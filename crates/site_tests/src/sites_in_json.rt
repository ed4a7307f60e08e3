//! Sites in JSON, read or refused.

use cable_text::MemorySink;
use site_json::read_json;
use site_model::{SiteCode, SiteFault};
use site_text::write_site;
use std::alloc::Global;
use std::test::Fail;

const FIRST: &str =
    "{\"site\":1,\"mode\":\"tree\",\"types\":[{\"capacity\":400,\"price\":100}],\"points\":[{\"kind\":\"substation\",\"name\":\"S\",\"x\":0,\"y\":0,\"feeders\":4,\"power\":10000},{\"kind\":\"turbine\",\"name\":\"A\",\"x\":300,\"y\":400,\"power\":100}]}";

const EVERY_KIND: &str =
    "{\"pairs\":[{\"a\":\"K\",\"b\":\"S\",\"charge\":7500},{\"closed\":true,\"b\":\"S\",\"a\":\"A\"}],\"obstacles\":[[[-100,400],[100,400],[100,600]]],\"points\":[{\"kind\":\"substation\",\"name\":\"S\",\"x\":0,\"y\":0,\"feeders\":4,\"power\":10000},{\"kind\":\"turbine\",\"name\":\"\\u0041\",\"x\":300,\"y\":-400,\"power\":100},{\"kind\":\"bend\",\"name\":\"K\",\"x\":200,\"y\":500}],\"types\":[{\"capacity\":400,\"price\":100},{\"price\":170,\"capacity\":800}],\"mode\":\"strings\",\"site\":2,\"site\":1}";

/// The front of a site, with one type and one point.
const FRONT: &str =
    "{\"site\":1,\"mode\":\"tree\",\"types\":[{\"capacity\":400,\"price\":100}],\"points\":[{\"kind\":\"substation\",\"name\":\"S\",\"x\":0,\"y\":0,\"feeders\":4,\"power\":10000}";

/// The fault of a text, if it has one.
fn fault_of(alloc: Global, bytes: &[u8]) -> Option<SiteFault> {
    match read_json(alloc, bytes) {
        Ok(_) => None,
        Err(fault) => Some(fault),
    }
}

/// A refusal.
fn refusal(code: SiteCode, place: u64) -> Option<SiteFault> {
    Some(SiteFault::Refused {
        code,
        place,
        broken_line: false,
    })
}

/// Sites in JSON, and their lines.
const READ: [(&str, &str); 2] = [
    (
        FIRST,
        "site 1\nmode tree\ntype 400 100\nsubstation S 0 0 4 10000\nturbine A 300 400 100\nend site\n",
    ),
    (
        EVERY_KIND,
        "site 1\nmode strings\ntype 400 100\ntype 800 170\nsubstation S 0 0 4 10000\nturbine A 300 -400 100\nbend K 200 500\nobstacle 3\ncorner -100 400\ncorner 100 400\ncorner 100 600\ncharge K S 7500\nclosed A S\nend site\n",
    ),
];

/// The lines of a site in JSON.
fn lines_of(alloc: Global, text: &str) -> Result<Vec<u8>, Fail> {
    let site = read_json(alloc, text.as_bytes())?;
    let mut sink = MemorySink::new(alloc, 512, Vec::new(alloc))?;
    write_site(&site, &mut sink)?;
    Ok(Vec::from_slice(alloc, sink.taken())?)
}

#[test]
fn sites_of_every_kind_of_item_are_read(rt: HostRuntime) -> Result<(), Fail> {
    for (text, lines) in READ {
        let read = lines_of(rt.alloc(), text)?;
        assert_eq!(rt; read.as_slice(), lines.as_bytes());
    }
    Ok(())
}

#[test]
fn a_text_has_the_first_fault_of_its_first_bad_item(rt: HostRuntime) {
    for (text, code, place) in [
        ("", SiteCode::Form, 0),
        (
            "{\"site\":1,\"mode\":\"tree\",\"types\":[{\"capac",
            SiteCode::Form,
            0,
        ),
        (
            "{\"site\":1,\"mode\":\"tree\",\"types\":[],\"points\":[1e400]}",
            SiteCode::Form,
            0,
        ),
        ("site 1\nmode tree\n", SiteCode::Form, 0),
        ("[]", SiteCode::Shape, 1),
        (
            "{\"site\":3,\"mode\":\"tree\",\"types\":[],\"points\":[],\"more\":1}",
            SiteCode::Shape,
            1,
        ),
        (
            "{\"site\":1,\"mode\":\"tree\",\"types\":null,\"points\":[]}",
            SiteCode::Shape,
            1,
        ),
        (
            "{\"site\":1,\"mode\":\"tree\",\"types\":[],\"points\":[],\"obstacles\":null}",
            SiteCode::Shape,
            1,
        ),
        (
            "{\"site\":1,\"mode\":\"tree\",\"types\":[]}",
            SiteCode::Shape,
            1,
        ),
        (
            "{\"site\":\"1\",\"mode\":\"tree\",\"types\":[],\"points\":[]}",
            SiteCode::Shape,
            1,
        ),
        (
            "{\"site\":3,\"mode\":\"forest\",\"types\":[],\"points\":[]}",
            SiteCode::Range,
            1,
        ),
        (
            "{\"site\":1,\"site\":3,\"mode\":\"tree\",\"types\":[],\"points\":[]}",
            SiteCode::Range,
            1,
        ),
        (
            "{\"site\":1,\"mode\":\"forest\",\"types\":[],\"points\":[]}",
            SiteCode::Shape,
            2,
        ),
        (
            "{\"site\":1,\"mode\":5,\"types\":[],\"points\":[]}",
            SiteCode::Shape,
            2,
        ),
        (
            "{\"site\":1,\"mode\":\"tree\",\"types\":[],\"points\":[5]}",
            SiteCode::Form,
            3,
        ),
        (
            "{\"site\":1,\"mode\":\"tree\",\"types\":[{\"capacity\":400,\"price\":100,\"loss\":0}],\"points\":[]}",
            SiteCode::Shape,
            3,
        ),
        (
            "{\"site\":1,\"mode\":\"tree\",\"types\":[{\"capacity\":0,\"price\":1.5}],\"points\":[]}",
            SiteCode::Shape,
            3,
        ),
        (
            "{\"site\":1,\"mode\":\"tree\",\"types\":[{\"capacity\":0,\"price\":100}],\"points\":[5]}",
            SiteCode::Range,
            3,
        ),
    ] {
        assert_eq!(rt;
            fault_of(rt.alloc(), text.as_bytes()),
            refusal(code, place),
            "in {text}"
        );
    }
}

#[test]
fn an_item_behind_others_has_its_own_place(rt: HostRuntime) -> Result<(), Fail> {
    let alloc = rt.alloc();
    for (end, code, place) in [
        (
            ",{\"kind\":\"turbine\",\"name\":\"A\",\"x\":300.0,\"y\":400,\"power\":100}]}",
            SiteCode::Shape,
            5,
        ),
        (
            ",{\"kind\":\"turbine\",\"name\":\"A\",\"x\":-0,\"y\":400,\"power\":100}]}",
            SiteCode::Shape,
            5,
        ),
        (
            ",{\"kind\":\"turbine\",\"name\":\"A\",\"x\":3e2,\"y\":400,\"power\":100}]}",
            SiteCode::Shape,
            5,
        ),
        (
            ",{\"kind\":\"turbine\",\"name\":\"A\",\"x\":9223372036854775808,\"y\":400,\"power\":0}]}",
            SiteCode::Shape,
            5,
        ),
        (
            ",{\"kind\":\"turbine\",\"name\":\"A\",\"x\":1000001,\"y\":400,\"power\":100}]}",
            SiteCode::Range,
            5,
        ),
        (
            ",{\"kind\":\"tower\",\"name\":\"A\",\"x\":300,\"y\":400,\"power\":100}]}",
            SiteCode::Shape,
            5,
        ),
        (
            ",{\"kind\":\"bend\",\"name\":\"A\",\"x\":300,\"y\":400,\"power\":100}]}",
            SiteCode::Shape,
            5,
        ),
        (
            ",{\"kind\":\"bend\",\"name\":7,\"x\":300,\"y\":400}]}",
            SiteCode::Shape,
            5,
        ),
        (
            ",{\"kind\":\"bend\",\"name\":\"A b\",\"x\":300,\"y\":400}]}",
            SiteCode::BadName,
            5,
        ),
        (
            ",{\"kind\":\"bend\",\"name\":\"A\",\"x\":0,\"y\":0}]}",
            SiteCode::SamePlace,
            5,
        ),
        (
            ",{\"kind\":\"turbine\",\"name\":\"A\",\"x\":300,\"y\":400,\"power\":100}],\"obstacles\":[5]}",
            SiteCode::Shape,
            6,
        ),
        (
            ",{\"kind\":\"turbine\",\"name\":\"A\",\"x\":300,\"y\":400,\"power\":100}],\"obstacles\":[[[0,100],[100,100]]]}",
            SiteCode::Range,
            6,
        ),
        (
            ",{\"kind\":\"turbine\",\"name\":\"A\",\"x\":300,\"y\":400,\"power\":100}],\"obstacles\":[[[0,100],[100],[0,200]]]}",
            SiteCode::Shape,
            8,
        ),
        (
            ",{\"kind\":\"turbine\",\"name\":\"A\",\"x\":300,\"y\":400,\"power\":100}],\"obstacles\":[[[0,100],[600,100],[600,900]]]}",
            SiteCode::InObstacle,
            9,
        ),
        (
            ",{\"kind\":\"turbine\",\"name\":\"A\",\"x\":300,\"y\":400,\"power\":100}],\"pairs\":[{\"a\":\"S\",\"b\":\"A\",\"closed\":false}]}",
            SiteCode::Shape,
            6,
        ),
        (
            ",{\"kind\":\"turbine\",\"name\":\"A\",\"x\":300,\"y\":400,\"power\":100}],\"pairs\":[{\"a\":\"S\",\"b\":\"A\",\"charge\":1},{\"a\":\"A\",\"b\":\"S\",\"closed\":true}]}",
            SiteCode::SamePair,
            7,
        ),
        (
            ",{\"kind\":\"turbine\",\"name\":\"A\",\"x\":300,\"y\":400,\"power\":100}],\"pairs\":[{\"a\":\"S\",\"b\":\"X\",\"closed\":true}]}",
            SiteCode::UnknownName,
            6,
        ),
    ] {
        let text = format!(in alloc; "{FRONT}{end}")?;
        assert_eq!(rt;
            fault_of(alloc, text.as_bytes()),
            refusal(code, place),
            "in {end}"
        );
    }
    Ok(())
}

#[test]
fn bytes_that_are_no_text_or_too_many_are_refused(rt: HostRuntime) -> Result<(), Fail> {
    let alloc = rt.alloc();
    assert_eq!(rt;
        fault_of(alloc, b"{\"site\":\xff}"),
        refusal(SiteCode::Form, 0)
    );
    let mut spaces = vec![in alloc; b' '; 8_388_608]?;
    assert_eq!(rt;
        fault_of(alloc, spaces.as_slice()),
        refusal(SiteCode::Form, 0)
    );
    spaces.push(b' ')?;
    assert_eq!(rt;
        fault_of(alloc, spaces.as_slice()),
        refusal(SiteCode::TooLong, 0)
    );
    Ok(())
}
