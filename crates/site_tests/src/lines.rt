//! Lines, numbers and words of sources and sinks in memory.

use cable_text::*;
use std::test::Fail;

#[test]
fn lines_and_the_rest_of_a_source(rt: HostRuntime) -> Result<(), Fail> {
    let alloc = rt.alloc();
    let bytes = Vec::from_slice(alloc, b"site 1\n\nmode")?;
    let mut source = MemorySource::new(bytes, 5, Vec::new(alloc));
    let mut lines = Lines::new(alloc)?;
    let empty: &[u8] = b"";
    for (number, text) in [(1, b"site 1".as_slice()), (2, empty)] {
        assert_eq!(rt; lines.next(&mut source), Ok(Line::Text));
        assert_eq!(rt; lines.number(), number);
        assert_eq!(rt; lines.text(), text);
    }
    assert_eq!(rt; lines.peek(&mut source), Ok(Some(b'm')));
    let is_mode = match lines.rest(alloc, &mut source, 4) {
        Ok(rest) => rest.as_slice() == b"mode".as_slice(),
        Err(_) => false,
    };
    assert!(rt; is_mode);
    assert_eq!(rt; source.calls(), 4);
    Ok(())
}

#[test]
fn numbers_are_written_into_ample_room(rt: HostRuntime) -> Result<(), Fail> {
    let alloc = rt.alloc();
    let mut sink = MemorySink::new(alloc, 64, Vec::new(alloc))?;
    for value in [0, -7, 120] {
        assert_eq!(rt; push_number(value, &mut sink), Ok(()));
    }
    assert_eq!(rt; sink.taken(), b"0-7120".as_slice());
    assert_eq!(rt; sink.calls(), 3);
    Ok(())
}

#[test]
fn words_are_numbers_of_one_spelling(rt: HostRuntime) {
    for (word, want) in [
        (b"0".as_slice(), Ok(0)),
        (b"-12".as_slice(), Ok(-12)),
        (b"300".as_slice(), Err(NumberFault::Over)),
        (b"-0".as_slice(), Err(NumberFault::NotDecimal)),
        (b"007".as_slice(), Err(NumberFault::NotDecimal)),
        (b"+7".as_slice(), Err(NumberFault::NotDecimal)),
        (b"7 ".as_slice(), Err(NumberFault::NotDecimal)),
        (b"-".as_slice(), Err(NumberFault::NotDecimal)),
        (
            b"100000000000000000000000000000000000000000000000000000000000000000000".as_slice(),
            Err(NumberFault::Over),
        ),
    ] {
        assert_eq!(rt; read_number(word, -100, 100), want);
    }
}
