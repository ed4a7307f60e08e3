//! Generated sites.

use drill_site::drill_site;
use site_model::{Kind, Site};
use std::alloc::AllocError;

/// How many turbines, substations and bends a site has.
fn counts(site: &Site) -> (usize, usize, usize) {
    let points = site.points();
    let turbines = points
        .iter()
        .filter(|point| point.kind.is_turbine())
        .count();
    let substations = points
        .iter()
        .filter(|point| point.kind.is_substation())
        .count();
    let bends = points.iter().filter(|point| point.kind.is_bend()).count();
    (turbines, substations, bends)
}

/// Some turbines of the site from 7 with 30 turbines: the numbers of their points, their names, coordinates and powers.
const TURBINES: [(usize, &str, i64, i64, u32); 4] = [
    (2, "T0", 369, 168, 11),
    (3, "T1", 1_028, 198, 12),
    (15, "T13", 3_214, 1_099, 8),
    (31, "T29", 9_079, 2_329, 12),
];

#[test]
fn a_generated_site_has_its_parts(rt: HostRuntime) -> Result<(), AllocError> {
    let site = drill_site(rt.alloc(), 7, 30)?;
    assert!(rt; counts(&site) == (30, 2, 4));
    assert_eq!(rt; site.types().len(), 3);
    assert_eq!(rt; site.obstacles().len(), 1);
    assert!(rt; site.pairs().is_empty());
    Ok(())
}

#[test]
fn turbines_are_drawn(rt: HostRuntime) -> Result<(), AllocError> {
    let site = drill_site(rt.alloc(), 7, 30)?;
    for (number, name, x, y, power) in TURBINES {
        let Some(point) = site.points().get(number) else {
            assert!(rt; false, "{number}");
            continue;
        };
        assert!(rt; point.name.as_slice() == name.as_bytes(), "{name}");
        assert_eq!(rt; point.at.x, x, "{name}");
        assert_eq!(rt; point.at.y, y, "{name}");
        assert!(rt; point.kind == Kind::Turbine { power }, "{name}");
    }
    Ok(())
}

#[test]
fn the_greatest_number_has_a_site(rt: HostRuntime) -> Result<(), AllocError> {
    let site = drill_site(rt.alloc(), u64::MAX, 200)?;
    assert!(rt; counts(&site) == (200, 2, 4));
    Ok(())
}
::::
Work required:
Only lines containing the word "obstacles" should appear in the answer, and every such line from the records above must be there.

Exercise solution:
    "{\"pairs\":[{\"a\":\"K\",\"b\":\"S\",\"charge\":7500},{\"closed\":true,\"b\":\"S\",\"a\":\"A\"}],\"obstacles\":[[[-100,400],[100,400],[100,600]]],\"points\":[{\"kind\":\"substation\",\"name\":\"S\",\"x\":0,\"y\":0,\"feeders\":4,\"power\":10000},{\"kind\":\"turbine\",\"name\":\"\\u0041\",\"x\":300,\"y\":-400,\"power\":100},{\"kind\":\"bend\",\"name\":\"K\",\"x\":200,\"y\":500}],\"types\":[{\"capacity\":400,\"price\":100},{\"price\":170,\"capacity\":800}],\"mode\":\"strings\",\"site\":2,\"site\":1}";
            "{\"site\":1,\"mode\":\"tree\",\"types\":[],\"points\":[],\"obstacles\":null}",
            ",{\"kind\":\"turbine\",\"name\":\"A\",\"x\":300,\"y\":400,\"power\":100}],\"obstacles\":[5]}",
            ",{\"kind\":\"turbine\",\"name\":\"A\",\"x\":300,\"y\":400,\"power\":100}],\"obstacles\":[[[0,100],[100,100]]]}",
            ",{\"kind\":\"turbine\",\"name\":\"A\",\"x\":300,\"y\":400,\"power\":100}],\"obstacles\":[[[0,100],[100],[0,200]]]}",
            ",{\"kind\":\"turbine\",\"name\":\"A\",\"x\":300,\"y\":400,\"power\":100}],\"obstacles\":[[[0,100],[600,100],[600,900]]]}",
    assert_eq!(rt; site.obstacles().len(), 1);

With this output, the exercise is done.